▸ TASK TO COMPLETE:
Search the data for the string "IsIndex" and copy each line in which it appears.

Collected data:
ghost use Rattle.std.specs.Prelude.{map};
ghost use Rattle.pb_do_syntax.specs.Plain.{plain_sub};
ghost use Rattle.pb_do_inline.specs.Index.{IsIndex};

use crate::site::Index;
use pb_do_syntax::Sub;
use std::alloc::Global;

/// The subprotocols of a file.
#[derive(Clone, Copy)]
pub struct Subs<'a> {
    pub alloc: Global,
    pub list: &'a [Sub],
    pub index: &'a Index,
    ghost indexed: { IsIndex (map plain_sub list.now) index.now },
}
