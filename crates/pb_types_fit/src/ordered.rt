ghost use Rattle.std.specs.Prelude.{◌≡◌, ◌||◌, ◌&&◌, nat_eq};
ghost use Rattle.pb_local.specs.Tree.{plain, plain_all};
ghost use Rattle.pb_types_fit.specs.Orders.{is_order, orders, orders_all};

use pb_local::{Op, Stmt};

fn is_order(op: Op) -> bool
    ensures { result ≡ is_order op }
{
    match op {
        Op::Min | Op::Max => true,
        Op::Sum => false,
    }
}

fn either(a: bool, b: bool) -> bool
    ensures { result ≡ (a || b) }
{
    a || b
}

fn orders_here(found: u32, op: Op, label: usize) -> bool
    ensures { result ≡ (nat_eq found label && is_order op) }
{
    found as usize == label && is_order(op)
}

/// Whether the label of this number is reduced by `min` or `max` in the statements.
#[cycle(orders)]
pub fn orders(list: &[Stmt], label: usize) -> bool
    ensures { result ≡ orders_all label (plain_all list.now) }
{
    let mut found = false;
    for stmt in list {
        found = either(found, orders_at(stmt, label));
    }
    found
}

#[cycle(orders)]
fn orders_at(stmt: &Stmt, label: usize) -> bool
    ensures { result ≡ orders label (plain stmt.now) }
{
    match stmt {
        Stmt::If { first, other, .. } => either(orders(first, label), orders(other, label)),
        Stmt::For { body, .. } => orders(body, label),
        Stmt::Loop { body, .. } => orders(body, label),
        Stmt::Choice { branches, .. } => {
            let mut found = false;
            for branch in branches {
                found = either(found, orders(branch, label));
            }
            found
        }
        Stmt::Reduce {
            label: reduced,
            op,
            ..
        } => orders_here(*reduced, *op, label),
        Stmt::Allreduce { label: reduced, op } => orders_here(*reduced, *op, label),
        Stmt::Own { .. } => false,
        Stmt::Again { .. } => false,
        Stmt::Send { .. } => false,
        Stmt::Recv { .. } => false,
        Stmt::Run { .. } => false,
        Stmt::Barrier => false,
        Stmt::Broadcast { .. } => false,
    }
}
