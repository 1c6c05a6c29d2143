ghost use Rattle.std.specs.Prelude.{◌≡◌, [], get_or};
ghost use Rattle.pb_local.specs.Tables.{label_at};
ghost use Rattle.pb_local.specs.Tree.{program_of};
ghost use Rattle.pb_types_fit.specs.Faults.{number_from, is_empty, is_typed, label_fault, number_fault, row_fault, first_wrong};

use crate::FitFault;
use crate::counts::extent_fault;
use crate::ordered::orders;
use pb_local::{CoreLabel, Local, Payload};
use pb_types::{Constant, TypeRow};

// The number of the label of this name.
fn number_of(labels: &[CoreLabel], name: &[u8]) -> Option<usize>
    ensures { result ≡ number_from 0 labels.now name.now }
{
    for n in 0..labels.len() {
        if labels[n].name.bytes() == name {
            return Some(n);
        }
    }
    None
}

fn is_empty(payload: Payload) -> bool
    ensures { result ≡ is_empty payload }
{
    match payload {
        Payload::Unit => true,
        Payload::Int32(_) | Payload::Uint32(_) => false,
    }
}

fn has_no_words(local: &Local, number: usize) -> bool
    ensures { result ≡ is_empty (label_at (program_of local.now) number).payload }
{
    match local.labels.get(number) {
        Some(label) => is_empty(label.payload),
        None => true,
    }
}

// Whether one of these is for the label.
fn is_typed(name: &[u8], rows: &[TypeRow]) -> bool
    ensures { result ≡ is_typed name.now rows.now }
{
    for row in rows {
        if row.label.name.bytes() == name {
            return true;
        }
    }
    false
}

// What is wrong with the row of the label of this number.
fn label_fault(local: &Local, earlier: &[TypeRow], row: &TypeRow, number: usize) -> Option<FitFault>
    ensures { result ≡ label_fault (program_of local.now) earlier.now row.now number }
{
    let place = row.label.place;
    if has_no_words(local, number) {
        return Some(FitFault::NoPayload(place));
    }
    if is_typed(row.label.name.bytes(), earlier) {
        return Some(FitFault::LabelTwice(place));
    }
    if row.carries.element.is_complex() && orders(&local.body, number) {
        return Some(FitFault::Unordered(row.carries.place));
    }
    None
}

fn number_fault(local: &Local, earlier: &[TypeRow], row: &TypeRow) -> Option<FitFault>
    ensures { result ≡ number_fault (program_of local.now) earlier.now row.now (number_from 0 local.now.labels.items row.now.label.name) }
{
    match number_of(&local.labels, row.label.name.bytes()) {
        Some(number) => label_fault(local, earlier, row, number),
        None => Some(FitFault::UnknownLabel(row.label.place)),
    }
}

// What is wrong with a row behind these.
fn row_fault(
    local: &Local,
    constants: &[Constant],
    earlier: &[TypeRow],
    row: &TypeRow,
) -> Option<FitFault>
    ensures { result ≡ row_fault (program_of local.now) constants.now earlier.now row.now }
{
    match number_fault(local, earlier, row) {
        Some(fault) => Some(fault),
        None => extent_fault(constants, row.carries.element, &row.extent),
    }
}

/// The first fault of the rows.
pub fn rows_fault(local: &Local, constants: &[Constant], rows: &[TypeRow]) -> Option<FitFault>
    ensures { result ≡ first_wrong (row_fault (program_of local.now) constants.now) [] rows.now }
{
    for at in 0..rows.len() {
        if let Some(fault) = row_fault(local, constants, &rows[..at], &rows[at]) {
            return Some(fault);
        }
    }
    None
}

▸ REPLY TO THE EXERCISE:
ghost use Rattle.pb_do_inline.specs.Index.{IsIndex};
    ghost indexed: { IsIndex (map plain_sub list.now) index.now },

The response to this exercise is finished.